== TASK GOAL ==
Your answer should be the lines from the start of the records through the line with "an expression's node.", copied word for word.

== RECORDS FOR THIS EXERCISE ==
- - -
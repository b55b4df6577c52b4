//! The parts of a body beside the nodes of a derivation.
ghost use Rattle.std.specs.Prelude.{◌≡◌, ◌==◌, length};
ghost use Rattle.books.specs.Derivations.{count_nodes};
ghost use Rattle.core_program.specs.Views.{expr_of, stmt_of};
ghost use Rattle.effects.specs.Parts.{ExprP, StmtP};
ghost use Rattle.effects.specs.Bodies.{list_of, part_of};
ghost use Rattle.book_check.specs.Parts.{node_word};

use books::{Nodes, Word};
use core_program::{CoreExpr, CoreStmt};
use effects::{BodyPart, InnerParts};

/// The word of an expression's node.
fn expr_word(e: &CoreExpr) -> Word
    ensures { result ≡ node_word (ExprP (expr_of e.now)) }
{
    match e {
        CoreExpr::Int(_) | CoreExpr::Truth(_) | CoreExpr::Null => Word::Lit,
        CoreExpr::This => Word::This,
        CoreExpr::Var { .. } => Word::Var,
        CoreExpr::Not(_) | CoreExpr::Neg(_) => Word::Un,
        CoreExpr::Binary(_, _, _) => Word::Bin,
        CoreExpr::And(_, _) => Word::And,
        CoreExpr::Or(_, _) => Word::Or,
        CoreExpr::Get(_, _) => Word::Get,
        CoreExpr::Call(_, _, _) => Word::Call,
        CoreExpr::New(_, _) => Word::New,
    }
}

/// The word of a statement's node.
fn stmt_word(s: &CoreStmt) -> Word
    ensures { result ≡ node_word (StmtP (stmt_of s.now)) }
{
    match s {
        CoreStmt::Empty => Word::Skip,
        CoreStmt::Block(_) => Word::Block,
        CoreStmt::Local { .. } => Word::Local,
        CoreStmt::SetVar(_, _) => Word::Set,
        CoreStmt::SetField(_, _, _) => Word::Put,
        CoreStmt::Do(_, _) => Word::Do,
        CoreStmt::If(_, _, _) => Word::If,
        CoreStmt::While(_, _) => Word::While,
        CoreStmt::Sync(_, _) => Word::Sync,
        CoreStmt::Return(_) => Word::Return,
        CoreStmt::Print(_) => Word::Print,
        CoreStmt::Start(_) => Word::Start,
    }
}

/// The word of a part's node.
pub fn part_word(part: BodyPart<'_>) -> Word
    ensures { result ≡ node_word (part_of part.entry) }
{
    match part {
        BodyPart::Expr(e) => expr_word(e),
        BodyPart::Stmt(s) => stmt_word(s),
    }
}

/// Whether there are as many nodes as parts.
pub fn same_length<F: Nodes>(parts: InnerParts<'_>, nodes: F) -> bool
    requires { F.AreKept nodes }
    ensures { result ≡ (count_nodes (F.nodes nodes) == length (list_of parts.entry)) }
{
    let mut parts = parts;
    let mut rest = nodes;
    while let Some(first) = rest.first() {
        let Some((_, others)) = parts.first() else {
            return false;
        };
        parts = others;
        rest = first.rest;
    }
    parts.first().is_none()
}
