//! Checking a book of derivations against a program, with no inference: whoever wrote the book, a program whose book is
//! good is accepted. The rule of a node gives, as a tree, the value of the part of a body that the node stands for,
//! from what its premises conclude. A step is whether the conclusion is at or above that value, told with no tree for
//! it where it can be. A walk along the nodes asks of each its shape and its step. The work on trees has a bound, or
//! none.
#![tactic(auto)]

mod acceptance;
mod accesses;
mod asked;
mod book_work;
mod branching;
mod chain;
mod charged;
mod checked;
mod judge;
mod leaves;
mod line;
mod lookups;
mod names;
mod overs;
mod pairs;
mod parts;
mod passes;
mod refusal;
mod rule_values;
mod sequences;
mod steps;
mod stuck;
mod unmoved;
mod values;
mod walk;
mod work;
mod wrong;

pub use acceptance::{Refused, RefusedText, accept, accept_text};
pub use accesses::access;
pub use book_work::MOST_WORK;
pub use checked::Checked;
pub use judge::Judge;
pub use lookups::{conclusion, is_near, is_own_near, line_number, tree_at};
pub use names::{call_name, tests_either, tests_only, where_held, within};
pub use parts::{part_word, same_length};
pub use refusal::Refusal;
pub use rule_values::{call, keeps_paths, paths, rule};
pub use steps::{Steps, is_step};
pub use values::{below, leaf};
pub use work::{MOST_DEPTH, Work};
pub use wrong::{TextWrong, Wrong};
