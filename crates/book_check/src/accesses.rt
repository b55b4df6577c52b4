//! Reading and writing fields, as trees.
ghost use Rattle.std.specs.Prelude.{◌≡◌, IfErr, IfOk};
ghost use Rattle.algebra.specs.HeldPaths.{Held};
ghost use Rattle.conditions.specs.Conditions.{cond_of, value_of, IsCanonical};
ghost use Rattle.core_program.specs.Locks.{path_of};
ghost use Rattle.core_program.specs.Views.{expr_of, program_of};
ghost use Rattle.rules.specs.Effect.{access_of};
ghost use Rattle.book_check.specs.declared.refusal.Refusal.{Refusal};
ghost use Rattle.book_check.specs.Works.{IsUnbounded};

use crate::refusal::Refusal;
use crate::values::{held_or, leaf};
use crate::work::Work;
use conditions::Tree;
use core_program::{CoreExpr, CoreProgram};
use effects::{Branching, access_value};
use paths::FieldId;
use std::alloc::Global;

/// Reading or writing a field of this receiver.
pub fn access(
    alloc: Global,
    work: Work<'_>,
    program: &CoreProgram,
    receiver: &CoreExpr,
    field: FieldId,
    writes: bool,
) -> Result<Tree, Refusal>
    ensures known { IfOk result (λ r. IsCanonical (cond_of r)) }
    ensures value { IfOk result (λ r. (H : Held) → let P = program_of program.now in
        value_of (cond_of r) H ≡ access_of P writes field (path_of P (expr_of receiver.now)) H) }
    ensures unbounded { IsUnbounded work.entry → IfErr result (λ e. e ≡ Refusal.NoMemory) }
{
    match access_value(program, receiver, field, writes) {
        Branching::Always(basic) => Ok(leaf(basic)),
        Branching::Where(path, held, free) => {
            let there = leaf(held);
            let elsewhere = leaf(free);
            held_or(alloc, work, Some(&path), &there, &elsewhere)
        }
    }
}
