//! Blocks whose statements are judged as a sequence: behind each of them the later values are what they are before it.
ghost use Rattle.std.specs.Prelude.{◌≡◌, ◌==◌, ◌&&◌, not, length, map, true, Option, IfOk};
ghost use Rattle.algebra.specs.HeldPaths.{Held};
ghost use Rattle.conditions.specs.Conditions.{cond_of};
ghost use Rattle.core_program.specs.Views.{stmt_of, stmts_from};
ghost use Rattle.paths.specs.Paths.{PathData};
ghost use Rattle.rules.specs.Effect.{after_local, after_stmt};
ghost use Rattle.book_check.specs.Judges.{judge_program, judge_value};
ghost use Rattle.book_check.specs.Pairs.{avoids as avoids_of};
ghost use Rattle.effects.specs.Rules.{block_value, in_sequence};

use crate::judge::Judge;
use crate::lookups::tree_at;
use crate::rule_values::keeps_paths;
use crate::stuck::{Stuck, visit};
use crate::work::Work;
use conditions::Tree;
use core_program::CoreStmt;
use paths::Path;

/// Whether a path begins at this slot.
fn is_rooted(path: &Path, slot: u16) -> bool
    ensures { result ≡ (path.now.root == slot) }
{
    path.root == slot
}

/// Whether the first doesn't hold, and the others do.
fn not_but_both(first: bool, second: bool, third: bool) -> bool
    ensures { result ≡ (not first && (second && third)) }
{
    !first && second && third
}

/// Whether a tree tests no path of this slot.
fn avoids(work: Work<'_>, slot: u16, t: &Tree) -> Result<bool, Stuck>
    ensures { IfOk result (λ b. b ≡ avoids_of slot (cond_of t.now)) }
{
    visit(work)?;
    match t {
        Tree::Leaf(_) => Ok(true),
        Tree::Test(path, a, b) => {
            let held = avoids(work, slot, a)?;
            let free = avoids(work, slot, b)?;
            Ok(not_but_both(is_rooted(path, slot), held, free))
        }
    }
}

/// Whether none of the trees with these numbers tests a path of this slot. Undecided where a number has no tree, which no book has.
fn all_avoid(work: Work<'_>, judge: &Judge<'_>, slot: u16, numbers: &[u32]) -> Result<bool, Stuck>
    ensures { IfOk result (λ b. b ≡ true → (o : Option PathData) (H : Held) →
        in_sequence (map (judge_value judge.now) numbers.now) (after_local H slot o) ≡ in_sequence (map (judge_value judge.now) numbers.now) H) }
{
    let mut rest = numbers;
    'numbers: while let Some((number, others)) = rest.split_first() {
        let Some(tree) = tree_at(judge.table, *number) else {
            return Err(Stuck::Undecided);
        };
        if !avoids(work, slot, tree)? {
            return Ok(false);
        }
        rest = others;
    }
    Ok(true)
}

/// Whether the values with these numbers, one after another, are the same behind a statement as before it.
fn keeps_values(
    work: Work<'_>,
    judge: &Judge<'_>,
    s: &CoreStmt,
    numbers: &[u32],
) -> Result<bool, Stuck>
    ensures { IfOk result (λ b. b ≡ true → (H : Held) →
        in_sequence (map (judge_value judge.now) numbers.now) (after_stmt (judge_program judge.now) (stmt_of s.now) H) ≡ in_sequence (map (judge_value judge.now) numbers.now) H) }
{
    if keeps_paths(s) {
        return Ok(true);
    }
    let CoreStmt::Local { slot, .. } = s else {
        return Ok(false);
    };
    all_avoid(work, judge, *slot, numbers)
}

/// Whether each of the statements keeps the values of the later ones, so that they are a sequence.
pub(crate) fn is_sequence(
    work: Work<'_>,
    judge: &Judge<'_>,
    body: &[CoreStmt],
    numbers: &[u32],
) -> Result<bool, Stuck>
    requires { length body.now ≡ length numbers.now }
    ensures { IfOk result (λ b. b ≡ true → (H : Held) →
        block_value (judge_program judge.now) (stmts_from body.now) (map (judge_value judge.now) numbers.now) H ≡ in_sequence (map (judge_value judge.now) numbers.now) H) }
{
    let mut statements = body;
    let mut rest = numbers;
    'statements: while let Some((s, others)) = statements.split_first() {
        let Some((_, later)) = rest.split_first() else {
            return Err(Stuck::Undecided);
        };
        if !keeps_values(work, judge, s, later)? {
            return Ok(false);
        }
        statements = others;
        rest = later;
    }
    Ok(true)
}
- - -
== FINISHED EXERCISE ==
repository b55b4df6577c52b4
//! The parts of a body beside the nodes of a derivation.
ghost use Rattle.std.specs.Prelude.{◌≡◌, ◌==◌, length};
ghost use Rattle.books.specs.Derivations.{count_nodes};
ghost use Rattle.core_program.specs.Views.{expr_of, stmt_of};
ghost use Rattle.effects.specs.Parts.{ExprP, StmtP};
ghost use Rattle.effects.specs.Bodies.{list_of, part_of};
ghost use Rattle.book_check.specs.Parts.{node_word};

use books::{Nodes, Word};
use core_program::{CoreExpr, CoreStmt};
use effects::{BodyPart, InnerParts};

/// The word of an expression's node.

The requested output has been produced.